Die Frage ist doch, sind diese Routinen der Flaschenhals oder nicht. Sprich was sagt mein Profiler? Wieviel verlier ich durch die 2-3 mal langsamer. Wenn ich in einer Operation 20 Millisekunden verliere dann werde ich diese Routinen auch weiterhin nutzen. Denn ich weiss 
das diese Methoden Threadsicher sind, und auch wenn ich jetzt noch nicht sie in einer Multithreadumgebung aufrufe, so steht mir die Option für die Zukunft offen. Optimier ich aber meine eigenen Routinen und die sind nicht Threadsave spaaren mir aber 20 ms, so habe ich 
Erweiterungsproblem sobald ich sie über verschiedene Threads aufrufe.
Der Flaschenhals bei Anwendungen die langsam sind, befindet sich meist bei Externen Zugriffen, IO Operationen, Datenbank verbindungen, SOAP Verbindungen, RMI usw.
Gerade in den Bereichen lassen sich ganz andere Performancegewinne erreichen, die keinen 
faden Beigeschmack haben.



> zu den JUnits - manchmal geht das nicht weil man nicht den ganzen Wertebereich mit Tests abdecken kann. Dann stehst du damit im Regen.


Dafür gibt es MockObjecte. Mann kann soziemlich alle Daten modelieren und simulieren. 
Wenn es Dinge gibt die sich nicht simulieren lassen, dann haben wir zumeist wiederrum schlechte s zusehr unmodales Design.


----------



## squeaker (23. Juni 2004)

Wie modelierst du eine Funktion die von RxR nach R abbildet? Testet dein Mock-Objekt alle Werte?

Ich habe nie davon gesprochen alles zu optimieren - ich glaube ich habe vorher auch mal das Wort Profiler erwähnt (zumindest gedacht). Optimieren ist ne feine Sache, aber man muss wissen, was man tut.
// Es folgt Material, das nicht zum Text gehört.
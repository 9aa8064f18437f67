//! Notes and an acknowledgement, each after its size in bytes.
//!
//! Made by `./format` from formats/packet.fields: edit that file and make this one anew.
ghost use Rattle.bitstream_messages.specs.Packet.{packet_decoder, packet_writes, packet_size, packet_bits, Fits, becomes_packet, notes_sized, notes_ended, notes_here, ack_sized, ack_ended};
ghost use Rattle.bitstream_format.specs.Within.{within, UnlessMemory};
ghost use Rattle.bitstream_messages.specs.Ack.{ack_decoder};
ghost use Rattle.bitstream_messages.specs.declared.packet.Packet.{Packet};
ghost use Rattle.bitstream_messages.specs.declared.packet.PacketError.{PacketError};
ghost use Rattle.bitstream_messages.specs.declared.packet.PacketError.TheVariants.{Reader, OtherNotes, OtherAck};
ghost use Rattle.std.specs.Prelude.{◌≡◌, ◌<◌, ◌≤◌, ◌*◌, ◌++◌, ◌⊎◌, ℕ, Bool, List, Ok, Err, length, IfOk, IsOk};
ghost use Rattle.std.specs.declared.io.ErrorKind.TheVariants.{WriteZero};
ghost use Rattle.bitstream_io.specs.Callers.{Done, Error, Order, High, bits, write_sequence, OwnAnswer, WritesAll, AllAccepted, sequence_length, sure_answer, GrowsOwn, MayAllocate, OutOfMemory, Stream, same_error, plain_reads};
ghost use Rattle.bitstream_io.specs.SliceMut.{HoldsFirst, written_bytes};

use crate::ack::Ack;
use crate::notes::Notes;
use bitstream_format::within::{is_end, write_size};
use bitstream_io::{
    BE, BitRead, BitReadExt, BitReader, BitWrite, BitWriteExt, Bits, Error, SliceMut, SliceReader,
    ToBitStream, pack_into,
};
use std::alloc::Global;
use std::marker::Model;

/// Notes and an acknowledgement, each after its size in bytes.
///
/// ```text
///  0                   1                   2                   3
///  0 1 2 3 4 5 6 7 8 9 0 1 2 3 4 5 6 7 8 9 0 1 2 3 4 5 6 7 8 9 0 1
/// +-+-+-+-+-+-+-+-+-+-+-+-+-+-+-+-+
/// |          notes_bytes          |
/// +-+-+-+-+-+-+-+-+-+-+-+-+-+-+-+-+-+-+-+-+-+-+-+-+-+-+-+-+-+-+-+-+
/// /              notes (Notes, of notes_bytes bytes)              /
/// +-+-+-+-+-+-+-+-+-+-+-+-+-+-+-+-+-+-+-+-+-+-+-+-+-+-+-+-+-+-+-+-+
/// |   ack_bytes   |
/// +-+-+-+-+-+-+-+-+-+-+-+-+-+-+-+-+-+-+-+-+-+-+-+-+-+-+-+-+-+-+-+-+
/// /                 ack (Ack, of ack_bytes bytes)                 /
/// +-+-+-+-+-+-+-+-+-+-+-+-+-+-+-+-+-+-+-+-+-+-+-+-+-+-+-+-+-+-+-+-+
/// |      end      |
/// +-+-+-+-+-+-+-+-+
/// ```
#[derive(Debug, Drop)]
pub struct Packet {
    /// The notes.
    pub notes: Notes,
    /// The acknowledgement.
    pub ack: Ack,
    /// The end of the packet.
    pub end: u8,
}

impl Model for Packet {
    ghost use Rattle.bitstream_messages.specs.PacketFields.{PacketFields};

    ghost Value = { PacketFields };

    ghost view = { λ value. record {
      notes = value.notes;
      ack = value.ack;
      end = value.end;
    } };
}

/// The errors of reading a `Packet`.
#[derive(Debug, Drop, thiserror::Error)]
pub enum PacketError {
    /// An error of the reader.
    #[error("{0}")]
    Reader(Error),
    /// `notes` does not fill the bytes that its size states.
    #[error("`notes` does not fill the bytes that its size states")]
    OtherNotes,
    /// `ack` does not fill the bytes that its size states.
    #[error("`ack` does not fill the bytes that its size states")]
    OtherAck,
}

impl From<Error> for PacketError {
    ghost from_gives = { becomes_packet };

    fn from(error: Error) -> PacketError {
        PacketError::Reader(error)
    }
}

/// Maps an error inside the bytes of `notes`: the end of these bytes becomes `OtherNotes`.
fn notes_ended(error: PacketError) -> PacketError
    ensures { result ≡ notes_ended error }
{
    match error {
        PacketError::Reader(error) => {
            if is_end(&error) {
                return PacketError::OtherNotes;
            }
            PacketError::Reader(error)
        }
        PacketError::OtherNotes => PacketError::OtherNotes,
        PacketError::OtherAck => PacketError::OtherAck,
    }
}

/// Parses these bytes as `notes`.
///
/// # Errors
///
/// `OtherNotes` if `notes` does not fill the bytes. Otherwise the errors of `notes`.
fn notes_in(bytes: &[u8], alloc: Global) -> Result<Notes, PacketError>
    ensures { UnlessMemory (λ error. Reader error)
        (within (notes_here High) OtherNotes (λ error. Reader error) notes_ended (bits High bytes.now)) result }
{
    let mut inside = SliceReader::<BE>::over(bytes);
    match Notes::read(&mut inside, alloc) {
        Ok(found) => {
            if inside.is_at_end() {
                return Ok(found);
            }
            Err(PacketError::OtherNotes)
        }
        Err(error) => Err(notes_ended(PacketError::from(error))),
    }
}

/// Reads `notes`, which has `size` bytes. No bit after them is read.
fn read_notes<R: BitRead>(reader: &mut R, alloc: Global, size: u64) -> Result<Notes, PacketError>
    requires { R.source.order ≡ High }
    ensures { GrowsOwn R.source becomes_packet (notes_sized R.source.order size)
        reader.old result reader.new }
{
    let bytes = reader.read_to_vec(alloc, size as usize)?;
    notes_in(&bytes, alloc)
}

/// Maps an error inside the bytes of `ack`: the end of these bytes becomes `OtherAck`.
fn ack_ended(error: PacketError) -> PacketError
    ensures { result ≡ ack_ended error }
{
    match error {
        PacketError::Reader(error) => {
            if is_end(&error) {
                return PacketError::OtherAck;
            }
            PacketError::Reader(error)
        }
        PacketError::OtherNotes => PacketError::OtherNotes,
        PacketError::OtherAck => PacketError::OtherAck,
    }
}

/// Parses these bytes as `ack`.
///
/// # Errors
///
/// `OtherAck` if `ack` does not fill the bytes. Otherwise the errors of `ack`.
fn ack_in(bytes: &[u8]) -> Result<Ack, PacketError>
    ensures { UnlessMemory (λ error. Reader error)
        (within (plain_reads (ack_decoder High)) OtherAck (λ error. Reader error) ack_ended (bits High bytes.now)) result }
{
    let mut inside = SliceReader::<BE>::over(bytes);
    match Ack::read(&mut inside) {
        Ok(found) => {
            if inside.is_at_end() {
                return Ok(found);
            }
            Err(PacketError::OtherAck)
        }
        Err(error) => Err(ack_ended(PacketError::from(error))),
    }
}

/// Reads `ack`, which has `size` bytes. No bit after them is read.
fn read_ack<R: BitRead>(reader: &mut R, alloc: Global, size: u64) -> Result<Ack, PacketError>
    requires { R.source.order ≡ High }
    ensures { GrowsOwn R.source becomes_packet (ack_sized R.source.order size)
        reader.old result reader.new }
{
    let bytes = reader.read_to_vec(alloc, size as usize)?;
    ack_in(&bytes)
}

impl Packet {
    /// Reads the fields in order.
    ///
    /// # Errors
    ///
    /// `OtherNotes` or `OtherAck`, after the rejected bits have been read.
    /// `Reader(OutOfMemory)` if an allocation for a list fails. The items before the failure
    /// have been read.
    /// Otherwise the reader's errors, after which it has failed.
    pub fn read<R: BitRead>(reader: &mut R, alloc: Global) -> Result<Packet, PacketError>
        requires { R.source.order ≡ High }
        ensures { GrowsOwn R.source becomes_packet (packet_decoder R.source.order) reader.old result reader.new }
    {
        let notes_bytes = reader.read::<Bits<16>, u64>()?;
        let notes = read_notes(reader, alloc, notes_bytes)?;
        let ack_bytes = reader.read::<Bits<8>, u64>()?;
        let ack = read_ack(reader, alloc, ack_bytes)?;
        let end = reader.read::<Bits<8>, u8>()?;
        Ok(Packet { notes, ack, end })
    }

    /// Parses the value at the start of `packet`.
    ///
    /// # Errors
    ///
    /// `OtherNotes` or `OtherAck` if bits are rejected.
    /// `Reader(EndOfInput)` if the bytes end before the fields do.
    /// `Reader(OutOfMemory)` if the allocation for an item of a list fails.
    pub fn parse(packet: &[u8], alloc: Global) -> Result<Packet, PacketError>
        ensures answer { (OwnAnswer becomes_packet (λ answer. answer)
            (sure_answer ((packet_decoder High).reads 0 (bits High packet.now))) result)
            ⊎ ((result ≡ Err (PacketError.Reader OutOfMemory))
            × MayAllocate (packet_decoder High) 0 (bits High packet.now)) }
        ensures back { (value : Packet) (more : List Bool) → Fits value
            → bits High packet.now ≡ write_sequence (packet_writes High value) 0 ++ more
            → (result ≡ Ok value)
            ⊎ (result ≡ Err (PacketError.Reader OutOfMemory)) }
    {
        packet_round_trip();
        Packet::read(&mut BitReader::<_, BE>::over(packet), alloc)
    }

    /// Writes the fields in order.
    ///
    /// # Errors
    ///
    /// `Checked` for a field that does not fit its bits. The fields before it have been written.
    /// Otherwise the sink's errors.
    pub fn write<W: BitWrite>(&self, writer: &mut W) -> Result<(), Error>
        ensures { WritesAll W.sink (packet_writes W.sink.order self.now) writer.old result writer.new }
    {
        write_size(writer, 16, self.notes.bits::<u64>())?;
        self.notes.write(writer)?;
        write_size(writer, 8, self.ack.bits::<u64>())?;
        self.ack.write(writer)?;
        writer.write::<Bits<8>, u8>(self.end)?;
        Ok(())
    }

    /// Writes the fields to the first bytes of a buffer, and returns what was written. The other bytes
    /// stay as they were. Does not allocate.
    ///
    /// # Errors
    ///
    /// `Checked` for the first field that does not fit its bits, however long the buffer is.
    /// `Stream(WriteZero)` if all fields fit, and the buffer is too short for the bits.
    /// After an error, the first bytes of the buffer may have changed.
    pub fn pack_into<'a>(&self, buffer: &'a mut [u8]) -> Result<SliceMut<'a>, Error>
        ensures packed { IfOk result (λ packed. bits High (written_bytes packed) ≡ packet_bits self.now) }
        ensures first { IfOk result (HoldsFirst buffer.entry.ghost_name buffer.old) }
        ensures accepted { IsOk result → AllAccepted (packet_writes High self.now) 0 }
        ensures misfit { (error : Error) → sequence_length (packet_writes High self.now) 0 ≡ Err error
            → result ≡ Err error }
        ensures room { Fits self.now → packet_size High self.now ≤ 8 * length buffer.old
            → IsOk result }
        ensures short { Fits self.now → 8 * length buffer.old < packet_size High self.now
            → result ≡ Err (Stream WriteZero) }
    {
        pack_into::<BE, Packet>(self, buffer)
    }
}

impl ToBitStream for Packet {
    type Error = Error;

    ghost becomes = { same_error };

    ghost writes = { packet_writes };

    fn to_writer<W: BitWrite>(&self, writer: &mut W) -> Result<(), Error> {
        self.write(writer)
    }
}

/// A value that fits its bits is read back as it was written, in either order of bits, at any place.
/// The read takes only the bits that were written: `packet_size` is their number.
pub fn packet_round_trip()
    ensures back { (o : Order) (value : Packet) (at from : ℕ) (more : List Bool) → Fits value
        → let written = write_sequence (packet_writes o value) at in
        (packet_decoder o).reads from (written ++ more) ≡ Done (length written) (Ok (Ok value)) }
    ensures size { (o : Order) (value : Packet) (at : ℕ) → Fits value
        → length (write_sequence (packet_writes o value) at) ≡ packet_size o value }
{}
Was richtig eklig ist und wovon man eigentlich die Finger lassen sollte:
Selbstmodifizierender Code - hässlich, einfach hässlich.


----------



## Christian Fein (23. Juni 2004)

Ein Beispiel für schlecht zu testendes sind z.b Servlets die wichtige Daten aus von ServletContainer bereitgestellte Objecte beziehen. Z.b eben ServletContext Object, und ähnliches.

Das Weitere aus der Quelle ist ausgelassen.